▶ **Work request**: In the listing below, find each line that holds the string "Global" and copy it.

══ Data extracts

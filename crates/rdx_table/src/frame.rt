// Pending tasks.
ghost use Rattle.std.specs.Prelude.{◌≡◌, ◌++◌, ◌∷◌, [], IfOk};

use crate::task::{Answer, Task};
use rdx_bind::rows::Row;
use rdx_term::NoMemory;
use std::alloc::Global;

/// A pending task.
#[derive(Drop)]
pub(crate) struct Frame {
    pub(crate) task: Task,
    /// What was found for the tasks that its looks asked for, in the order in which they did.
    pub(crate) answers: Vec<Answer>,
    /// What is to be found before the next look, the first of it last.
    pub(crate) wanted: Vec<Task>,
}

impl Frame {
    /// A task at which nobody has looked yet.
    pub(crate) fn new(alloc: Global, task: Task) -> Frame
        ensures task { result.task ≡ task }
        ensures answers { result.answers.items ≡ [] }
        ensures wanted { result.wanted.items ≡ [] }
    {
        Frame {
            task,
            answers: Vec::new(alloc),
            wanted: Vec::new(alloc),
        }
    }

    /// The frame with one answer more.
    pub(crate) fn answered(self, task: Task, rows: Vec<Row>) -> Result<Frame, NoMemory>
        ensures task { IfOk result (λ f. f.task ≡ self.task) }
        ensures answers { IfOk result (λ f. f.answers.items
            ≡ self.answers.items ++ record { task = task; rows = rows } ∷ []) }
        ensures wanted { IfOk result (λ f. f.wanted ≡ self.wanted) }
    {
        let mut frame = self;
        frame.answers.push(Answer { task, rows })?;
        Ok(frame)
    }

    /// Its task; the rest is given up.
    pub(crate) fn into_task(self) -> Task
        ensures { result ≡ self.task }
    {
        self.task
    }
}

════

▶ **Response to this exercise**:
use std::alloc::Global;
    pub(crate) fn new(alloc: Global, task: Task) -> Frame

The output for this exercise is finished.